ENTRIES SHOWN —
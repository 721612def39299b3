//! `Sync`, one synchroniser.
ghost use Rattle.std.specs.Prelude.{ℕ, ◌≡◌, ◌<◌, ◌↔◌, false, Some, None, [], OnOk, OnErr, IsErr, length, ◌⊎◌};
ghost use Rattle.xs_base.specs.declared.numbers.TheConstants.{THREADS};
ghost use Rattle.xs_model.specs.Record.{unused_sync};
ghost use Rattle.xs_model.specs.Masks.{in_mask, members};
ghost use Rattle.xs_model.specs.Syncs.{is_thread, is_sync_used, got_sync, is_bound, bound, freed_sync, with_slave};
ghost use Rattle.sync_locks.specs.Syncs.{sync_after};
ghost use Rattle.sync_locks.specs.States.{sync_state, sync_of};

use crate::answers::Bad;
use crate::state::SyncState;
use bit_masks::has_bit;
use std::marker::Model;

/// A synchroniser: its master, where it is in use, and its slaves, a bit for each thread. Contracts see it as a
/// `SyncRec` of `Rattle.xs_model.specs.Record`.
#[derive(Drop)]
pub(crate) struct Sync {
    master: Option<u8>,
    slaves: u8,
}

impl Model for Sync {
    ghost use Rattle.xs_model.specs.Record.{SyncRec};
    ghost use Rattle.xs_model.specs.Masks.{members};

    ghost Value = { SyncRec };

    ghost view = { λ sync. record { master = sync.master; slaves = members sync.slaves } };
}

impl Default for Sync {
    ghost use Rattle.std.specs.Prelude.{◌≡◌};
    ghost use Rattle.xs_model.specs.Record.{unused_sync};

    ghost is_default = { λ sync. sync ≡ unused_sync };

    fn default() -> Self {
        Sync {
            master: None,
            slaves: 0,
        }
    }
}

impl Sync {
    /// Puts it in use, with this master and no slaves.
    pub(crate) fn get(&mut self, master: u8)
        ensures { self.new ≡ got_sync master }
    {
        *self = Sync {
            master: Some(master),
            slaves: 0,
        };
    }

    pub(crate) fn is_used(&self) -> bool
        ensures { result ≡ is_sync_used self.now }
    {
        self.master.is_some()
    }

    pub(crate) fn master(&self) -> Option<u8>
        ensures { result ≡ self.now.master }
    {
        self.master
    }

    /// Its slaves, a bit for each thread.
    pub(crate) fn slaves(&self) -> u8
        ensures value { members result ≡ self.now.slaves }
        ensures bits { (k : ℕ) → k < THREADS → in_mask result k ≡ is_bound k self.now }
    {
        self.slaves
    }

    /// Whether a thread, 0 to 7, is bound to it.
    pub(crate) fn has_slave(&self, thread: u8) -> bool
        requires { thread < THREADS }
        ensures { result ≡ is_bound thread self.now }
    {
        has_bit(u32::from(self.slaves), thread)
    }

    /// Binds a slave, 0 to 7: refused exactly where another thread, or none, is its master.
    pub(crate) fn bind(&mut self, by: u8, slave: u8) -> Result<(), Bad>
        requires { slave < THREADS }
        ensures ok { OnOk result (bound by slave self.old ≡ Some (record self.old { slaves = with_slave slave self.old.slaves })) }
        ensures err { OnErr result (bound by slave self.old ≡ None) }
        ensures after { self.new ≡ sync_after self.old (bound by slave self.old) }
        ensures bad { IsErr result ↔ (is_thread by self.old.master ≡ false) }
    {
        if self.master != Some(by) {
            return Err(Bad);
        }
        self.slaves |= 1 << slave;
        Ok(())
    }

    /// Leaves it with no slaves.
    pub(crate) fn unbind_all(&mut self)
        ensures { self.new ≡ record self.old { slaves = [] } }
    {
        self.slaves = 0;
    }

    /// Puts it out of use: refused exactly where another thread, or none, is its master, or it has slaves.
    pub(crate) fn free(&mut self, by: u8) -> Result<(), Bad>
        ensures ok { OnOk result (freed_sync by self.old ≡ Some unused_sync) }
        ensures err { OnErr result (freed_sync by self.old ≡ None) }
        ensures after { self.new ≡ sync_after self.old (freed_sync by self.old) }
        ensures bad { IsErr result ↔ ((is_thread by self.old.master ≡ false) ⊎ (0 < length self.old.slaves)) }
    {
        if self.master != Some(by) || self.slaves != 0 {
            return Err(Bad);
        }
        self.master = None;
        Ok(())
    }

    /// What a snapshot keeps of it.
    pub(crate) fn state(&self) -> SyncState
        ensures { result ≡ sync_state self.now }
    {
        SyncState {
            used: self.is_used(),
            master: self.master().unwrap_or(0),
            slaves: self.slaves(),
        }
    }

    /// The synchroniser that a snapshot keeps.
    pub(crate) fn of_state(state: SyncState) -> Sync
        ensures { result ≡ sync_of state }
    {
        Sync {
            master: if state.used { Some(state.master) } else { None },
            slaves: state.slaves,
        }
    }
}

WHAT IS REQUIRED — Begin at the line that has "use std::marker::Model;" in the entries above; stop after the line that has "pub(crate) fn master(&self) -> Option<u8>". Transcribe exactly those lines and no others.

FINAL ANSWER —
use std::marker::Model;

/// A synchroniser: its master, where it is in use, and its slaves, a bit for each thread. Contracts see it as a
/// `SyncRec` of `Rattle.xs_model.specs.Record`.
#[derive(Drop)]
pub(crate) struct Sync {
    master: Option<u8>,
    slaves: u8,
}

impl Model for Sync {
    ghost use Rattle.xs_model.specs.Record.{SyncRec};
    ghost use Rattle.xs_model.specs.Masks.{members};

    ghost Value = { SyncRec };

    ghost view = { λ sync. record { master = sync.master; slaves = members sync.slaves } };
}

impl Default for Sync {
    ghost use Rattle.std.specs.Prelude.{◌≡◌};
    ghost use Rattle.xs_model.specs.Record.{unused_sync};

    ghost is_default = { λ sync. sync ≡ unused_sync };

    fn default() -> Self {
        Sync {
            master: None,
            slaves: 0,
        }
    }
}

impl Sync {
    /// Puts it in use, with this master and no slaves.
    pub(crate) fn get(&mut self, master: u8)
        ensures { self.new ≡ got_sync master }
    {
        *self = Sync {
            master: Some(master),
            slaves: 0,
        };
    }

    pub(crate) fn is_used(&self) -> bool
        ensures { result ≡ is_sync_used self.now }
    {
        self.master.is_some()
    }

    pub(crate) fn master(&self) -> Option<u8>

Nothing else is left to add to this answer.